To do
Return the count of lines in the records that include the string "IsReadNetlist", and nothing besides it.

Dataset entries:
:::

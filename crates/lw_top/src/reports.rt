// Reports and simulations.
ghost use Rattle.lw_top.specs.Answered.{Gives};
ghost use Rattle.lw_files.specs.Read.{IsReadNetlist};
ghost use Rattle.lw_top.specs.Named.{AreReadVectors, values_in};
ghost use Rattle.lw_top.specs.Reports.{Times, Simulates, SimulatesNetlist};

use crate::answer::{Answer, Answered};
use crate::refusal::Refusal;
use lw_blif::Parsed;
use lw_genlib::Library;
use lw_mapped::Mapped;
use lw_report::{Sim, Timing, Vectors};
use std::alloc::Global;

/// The answer to a mapped netlist that was read: its timing.
pub(crate) fn time_mapped(alloc: Global, library: Library, mapped: Mapped) -> Answered
    requires { IsReadNetlist library mapped }
    ensures { Gives (Times library mapped) result }
{
    let Ok(timing) = Timing::new(alloc, &mapped.netlist, &library, &mapped.starts) else {
        drop(library);
        drop(mapped);
        return Err(Refusal::Memory);
    };
    Ok(Answer::Times(library, mapped.netlist, timing))
}

/// The answer to a network and vectors that were read: a simulator, which gives the values as they
/// are written.
pub(crate) fn simulate(alloc: Global, model: Parsed, vectors: Vectors) -> Answered
    requires { AreReadVectors model.network.inputs vectors }
    ensures { Gives (Simulates model (values_in vectors)) result }
{
    let Ok(sim) = Sim::of_network(alloc, &model.network) else {
        drop(model);
        drop(vectors);
        return Err(Refusal::Memory);
    };
    Ok(Answer::Values(model.network, vectors, sim))
}

/// The answer to a mapped netlist and vectors that were read: a simulator, which gives the values
/// as they are written.
pub(crate) fn simulate_gates(
    alloc: Global,
    library: Library,
    mapped: Mapped,
    vectors: Vectors,
) -> Answered
    requires mapped { IsReadNetlist library mapped }
    requires vectors { AreReadVectors mapped.netlist.inputs vectors }
    ensures { Gives (SimulatesNetlist library mapped.netlist (values_in vectors)) result }
{
    let Ok(sim) = Sim::of_netlist(alloc, &mapped.netlist) else {
        drop(library);
        drop(mapped);
        drop(vectors);
        return Err(Refusal::Memory);
    };
    Ok(Answer::GateValues(library, mapped.netlist, vectors, sim))
}
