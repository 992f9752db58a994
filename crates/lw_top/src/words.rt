// The words of a command.
ghost use Rattle.std.specs.Prelude.{◌≡◌, ◌≤◌, None, Some, map, string_bytes, option_map};
ghost use Rattle.std.specs.Prelude.{MatchOption};
ghost use Rattle.lw_top.specs.Words.{width_of, is_file_word, two, three, one_file, two_files};
ghost use Rattle.lw_top.specs.Words.{three_files, with_mode, begun_by, is_numeral, number_of};
ghost use Rattle.lw_top.specs.Words.{seed_of, count_of, certified_of, mapping_begun};
ghost use Rattle.lw_top.specs.Words.{checking_begun, counting_begun, leaves_of, tabling_begun};
ghost use Rattle.lw_top.specs.Words.{deadline_of, traded_of, trading_begun, timing_of};
ghost use Rattle.lw_top.specs.Words.{simulation_of, drawing_of, to_verilog_of, from_verilog_of};
ghost use Rattle.lw_top.specs.Words.{named, command_of, file_in, file_word};
ghost use Rattle.lw_top.specs.declared.refusal.Which.TheVariants as which;
ghost use Rattle.lw_top.specs.Commands.{plain_begun, plain_command, asked};
ghost use Rattle.lw_map.specs.Options.{plain_options};

use crate::refusal::Which;
use lw_fixed::{Micro, are_digits, read};
use lw_map::{Mode, Options};

/// A command, with its options and the words for its files.
#[derive(Clone, Copy)]
pub enum Command<'a> {
    /// The network mapped to cells of the library, with its certificate or without.
    Mapping(Options, bool, &'a str, &'a str),
    /// A mapped netlist with its certificate, checked against the library and the network.
    Checking(Options, &'a str, &'a str, &'a str),
    /// When the outputs of a mapped netlist arrive.
    Timing(&'a str, &'a str),
    /// The values of a network's outputs.
    Simulation(&'a str, &'a str),
    /// The values of a mapped netlist's outputs.
    GateSimulation(&'a str, &'a str, &'a str),
    /// How large the graph of a network's forms is.
    Counting(Options, &'a str),
    /// A network covered by lookup tables of at most so many fan-ins.
    Tabling(u8, Options, &'a str),
    /// A network drawn from a number, of so many nodes, mapped to cells of the library.
    Drawing(u64, u32, &'a str),
    /// A mapped netlist, written in Verilog.
    ToVerilog(&'a str, &'a str),
    /// A netlist in Verilog, written as a mapped netlist.
    FromVerilog(&'a str, &'a str),
    /// The network mapped to cells of the library with the least area by a deadline, if any.
    Trading(Option<Micro>, Options, &'a str, &'a str),
}

// Whether a word may name a file: it does not begin with `-`.
fn is_file_word(word: &str) -> bool
    ensures { result ≡ is_file_word word.now }
{
    !word.starts_with("-")
}

// The only word, if there is one and it may name a file.
fn one_file(words: &[String]) -> Option<&str>
    ensures { MatchOption result (one_file (map string_bytes words.now) ≡ None)
        (λ a. one_file (map string_bytes words.now) ≡ Some a.now) }
{
    match words {
        [a] if is_file_word(a.as_str()) => Some(a.as_str()),
        _ => None,
    }
}

// The two words, if there are so many and each may name a file.
fn two_files(words: &[String]) -> Option<(&str, &str)>
    ensures { MatchOption result (two_files (map string_bytes words.now) ≡ None)
        (λ files. two_files (map string_bytes words.now) ≡ Some (two files.0.now files.1.now)) }
{
    match words {
        [a, b] if is_file_word(a.as_str()) && is_file_word(b.as_str()) => {
            Some((a.as_str(), b.as_str()))
        }
        _ => None,
    }
}

// The three words, if there are so many and each may name a file.
fn three_files(words: &[String]) -> Option<(&str, &str, &str)>
    ensures { MatchOption result (three_files (map string_bytes words.now) ≡ None)
        (λ files. three_files (map string_bytes words.now)
        ≡ Some (three files.0.now files.1.now files.2.now)) }
{
    match words {
        [a, b, c]
            if is_file_word(a.as_str()) && is_file_word(b.as_str()) && is_file_word(c.as_str()) => {
            Some((a.as_str(), b.as_str(), c.as_str()))
        }
        _ => None,
    }
}

// The width that one of the words `2` to `8` is; none for other words.
fn width_of(word: &str) -> Option<u8>
    ensures { result ≡ width_of word.now }
{
    match word.as_bytes() {
        [digit] if b'2' <= *digit && *digit <= b'8' => Some(*digit - b'0'),
        _ => None,
    }
}

// The number of leaves that one of the words `2` to `6` is; none for other words.
fn leaves_of(word: &str) -> Option<u8>
    ensures { result ≡ leaves_of word.now }
{
    match word.as_bytes() {
        [digit] if b'2' <= *digit && *digit <= b'6' => Some(*digit - b'0'),
        _ => None,
    }
}

/// Options, and the words after them.
#[derive(Clone, Copy)]
pub struct Begun<'a> {
    options: Options,
    rest: &'a [String],
}

// Reads `[-i]` after the width: the options, and the words after them.
fn with_mode(width: u8, words: &[String]) -> Begun<'_>
    requires { (2 ≤ width) × (width ≤ 8) }
    ensures { plain_begun result ≡ with_mode width (map string_bytes words.now) }
{
    match words {
        [option, rest @ ..] if option.as_str() == "-i" => {
            let mode = Mode::Idempotent;
            Begun {
                options: Options { width, mode },
                rest,
            }
        }
        _ => {
            let mode = Mode::Plain;
            Begun {
                options: Options { width, mode },
                rest: words,
            }
        }
    }
}

// Reads `[-w K] [-i]`: the options, with width 6 if none is given, and the words after them. None
// if K is no width.
fn begun_by(words: &[String]) -> Option<Begun<'_>>
    ensures { option_map plain_begun result ≡ begun_by (map string_bytes words.now) }
{
    match words {
        [option, word, rest @ ..] if option.as_str() == "-w" => {
            Some(with_mode(width_of(word.as_str())?, rest))
        }
        _ => Some(with_mode(6, words)),
    }
}

// Whether a word is one digit or more, and nothing else.
fn is_numeral(word: &str) -> bool
    ensures { result ≡ is_numeral word.now }
{
    1 <= word.len() && are_digits(word.as_bytes())
}

// The number that a word is, a decimal numeral below 2^64; none for other words.
fn number_of(word: &str) -> Option<u64>
    ensures { result ≡ number_of word.now }
{
    if !is_numeral(word) {
        return None;
    }
    match word.parse::<u64>() {
        Ok(number) => Some(number),
        Err(_) => None,
    }
}

// The most digits of a seed.
const SEED_DIGITS: usize = 20;

// The seed that a word is, a number of at most 20 digits; none for other words.
fn seed_of(word: &str) -> Option<u64>
    ensures { result ≡ seed_of word.now }
{
    if word.len() <= SEED_DIGITS {
        number_of(word)
    } else {
        None
    }
}

// The most nodes of a drawn network.
const MOST_NODES: u64 = 20_000;

// The count that a word is, a number from 1 to 20000 without leading zero; none for other words.
fn count_of(word: &str) -> Option<u32>
    ensures { result ≡ count_of word.now }
{
    if word.starts_with("0") {
        return None;
    }
    match number_of(word) {
        Some(n) if 1 <= n && n <= MOST_NODES => Some(n as u32),
        _ => None,
    }
}

// Reads `[-c] LIB IN`, after the options of `map`.
fn certified_of(options: Options, words: &[String]) -> Option<Command<'_>>
    ensures { asked result ≡ certified_of (plain_options options) (map string_bytes words.now) }
{
    match words {
        [option, rest @ ..] if option.as_str() == "-c" => {
            let (library, network) = two_files(rest)?;
            Some(Command::Mapping(options, true, library, network))
        }
        _ => {
            let (library, network) = two_files(words)?;
            Some(Command::Mapping(options, false, library, network))
        }
    }
}

// Reads `[-w K] [-i] [-c] LIB IN`, after `map`.
fn mapping_of(words: &[String]) -> Option<Command<'_>>
    ensures { asked result ≡ mapping_begun (begun_by (map string_bytes words.now)) }
{
    let begun = begun_by(words)?;
    certified_of(begun.options, begun.rest)
}

// Reads `[-w K] [-i] LIB IN MAPPED`, after `check`.
fn checking_of(words: &[String]) -> Option<Command<'_>>
    ensures { asked result ≡ checking_begun (begun_by (map string_bytes words.now)) }
{
    let begun = begun_by(words)?;
    let (library, network, mapped) = three_files(begun.rest)?;
    Some(Command::Checking(begun.options, library, network, mapped))
}

// Reads `[-w K] [-i] IN`, after `graph`.
fn counting_of(words: &[String]) -> Option<Command<'_>>
    ensures { asked result ≡ counting_begun (begun_by (map string_bytes words.now)) }
{
    let begun = begun_by(words)?;
    let network = one_file(begun.rest)?;
    Some(Command::Counting(begun.options, network))
}

// Reads `L [-w K] [-i] IN`, after `lut`.
fn tabling_of(words: &[String]) -> Option<Command<'_>>
    ensures { asked result ≡ tabling_begun (map string_bytes words.now) }
{
    match words {
        [leaves, rest @ ..] => {
            let leaves = leaves_of(leaves.as_str())?;
            let begun = begun_by(rest)?;
            let network = one_file(begun.rest)?;
            Some(Command::Tabling(leaves, begun.options, network))
        }
        _ => None,
    }
}

// Reads `LIB MAPPED`, after `time`.
fn timing_of(words: &[String]) -> Option<Command<'_>>
    ensures { asked result ≡ timing_of (two_files (map string_bytes words.now)) }
{
    let (library, mapped) = two_files(words)?;
    Some(Command::Timing(library, mapped))
}

// Reads `IN VECTORS`, or `-g LIB MAPPED VECTORS`, after `sim`.
fn simulation_of(words: &[String]) -> Option<Command<'_>>
    ensures { asked result ≡ simulation_of (map string_bytes words.now) }
{
    match words {
        [option, rest @ ..] if option.as_str() == "-g" => {
            let (library, mapped, vectors) = three_files(rest)?;
            Some(Command::GateSimulation(library, mapped, vectors))
        }
        _ => {
            let (network, vectors) = two_files(words)?;
            Some(Command::Simulation(network, vectors))
        }
    }
}

// Reads `SEED N LIB`, after `big`.
fn drawing_of(words: &[String]) -> Option<Command<'_>>
    ensures { asked result ≡ drawing_of (map string_bytes words.now) }
{
    match words {
        [seed, count, rest @ ..] => {
            let seed = seed_of(seed.as_str())?;
            let count = count_of(count.as_str())?;
            let library = one_file(rest)?;
            Some(Command::Drawing(seed, count, library))
        }
        _ => None,
    }
}

// Reads `LIB MAPPED`, after `verilog`.
fn to_verilog_of(words: &[String]) -> Option<Command<'_>>
    ensures { asked result ≡ to_verilog_of (two_files (map string_bytes words.now)) }
{
    let (library, mapped) = two_files(words)?;
    Some(Command::ToVerilog(library, mapped))
}

// Reads `LIB VER`, after `unverilog`.
fn from_verilog_of(words: &[String]) -> Option<Command<'_>>
    ensures { asked result ≡ from_verilog_of (two_files (map string_bytes words.now)) }
{
    let (library, verilog) = two_files(words)?;
    Some(Command::FromVerilog(library, verilog))
}

// What each time is below.
const TIME_UNITS: u64 = 1_000_000;

// The deadline that a word is: none for `none`, or a decimal below 1000000, in millionths. Other
// words have no answer.
fn deadline_of(word: &str) -> Option<Option<Micro>>
    ensures { result ≡ deadline_of word.now }
{
    if word == "none" {
        return Some(None);
    }
    match read(word.as_bytes(), TIME_UNITS) {
        Ok(time) => Some(Some(time)),
        Err(_) => None,
    }
}

// Reads `T LIB IN`, after the options of `trade`.
fn traded_of(options: Options, words: &[String]) -> Option<Command<'_>>
    ensures { asked result ≡ traded_of (plain_options options) (map string_bytes words.now) }
{
    match words {
        [time, rest @ ..] => {
            let deadline = deadline_of(time.as_str())?;
            let (library, network) = two_files(rest)?;
            Some(Command::Trading(deadline, options, library, network))
        }
        _ => None,
    }
}

// Reads `[-w K] [-i] T LIB IN`, after `trade`.
fn trading_of(words: &[String]) -> Option<Command<'_>>
    ensures { asked result ≡ trading_begun (begun_by (map string_bytes words.now)) }
{
    let begun = begun_by(words)?;
    traded_of(begun.options, begun.rest)
}

// The command that a name and the words after it are a written form of, if they are one.
fn named<'a>(name: &str, words: &'a [String]) -> Option<Command<'a>>
    ensures { asked result ≡ named name.now (map string_bytes words.now) }
{
    match name {
        "map" => mapping_of(words),
        "check" => checking_of(words),
        "time" => timing_of(words),
        "sim" => simulation_of(words),
        "graph" => counting_of(words),
        "big" => drawing_of(words),
        "verilog" => to_verilog_of(words),
        "unverilog" => from_verilog_of(words),
        "lut" => tabling_of(words),
        "trade" => trading_of(words),
        _ => None,
    }
}

/// The command that the words are a written form of, if they are one.
pub fn command_of(words: &[String]) -> Option<Command<'_>>
    ensures { asked result ≡ command_of (map string_bytes words.now) }
{
    match words {
        [name, rest @ ..] => named(name.as_str(), rest),
        _ => None,
    }
}

// The word for the file of the library, empty if the command reads none.
fn library_word<'a>(command: Command<'a>) -> &'a str
    ensures { result.now ≡ file_in (plain_command command.entry) which.Library }
{
    match command {
        Command::Mapping(_, _, library, _)
        | Command::Checking(_, library, _, _)
        | Command::Timing(library, _)
        | Command::GateSimulation(library, _, _)
        | Command::Drawing(_, _, library)
        | Command::ToVerilog(library, _)
        | Command::FromVerilog(library, _)
        | Command::Trading(_, _, library, _) => library,
        _ => "",
    }
}

// The word for the file of the network, which a refusal names; empty if the command reads none.
fn network_word<'a>(command: Command<'a>) -> &'a str
    ensures { result.now ≡ file_in (plain_command command.entry) which.Network }
{
    match command {
        Command::Mapping(_, _, _, network)
        | Command::Checking(_, _, network, _)
        | Command::Simulation(network, _)
        | Command::Counting(_, network)
        | Command::Tabling(_, _, network)
        | Command::Trading(_, _, _, network) => network,
        _ => "",
    }
}

// The word for the file of the netlist, mapped or in Verilog, which a refusal names; empty if the
// command reads none.
fn mapped_word<'a>(command: Command<'a>) -> &'a str
    ensures { result.now ≡ file_in (plain_command command.entry) which.Mapped }
{
    match command {
        Command::Checking(_, _, _, mapped)
        | Command::Timing(_, mapped)
        | Command::GateSimulation(_, mapped, _)
        | Command::ToVerilog(_, mapped)
        | Command::FromVerilog(_, mapped) => mapped,
        _ => "",
    }
}

// The word for the file of the vectors, which a refusal names; empty if the command reads none.
fn vectors_word<'a>(command: Command<'a>) -> &'a str
    ensures { result.now ≡ file_in (plain_command command.entry) which.Vectors }
{
    match command {
        Command::Simulation(_, vectors) | Command::GateSimulation(_, _, vectors) => vectors,
        _ => "",
    }
}

/// The word for one of the command's files, empty if it reads none or there is no command. By it
/// `telling` names the file in the line of a refusal; no file is opened by it.
pub fn file_word<'a>(command: Option<Command<'a>>, which: Which) -> &'a [u8]
    ensures { result.now ≡ file_word (asked command.entry) which }
{
    let Some(command) = command else {
        return b"";
    };
    let word = match which {
        Which::Library => library_word(command),
        Which::Network => network_word(command),
        Which::Mapped => mapped_word(command),
        Which::Vectors => vectors_word(command),
    };
    word.as_bytes()
}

:::

Task solution
3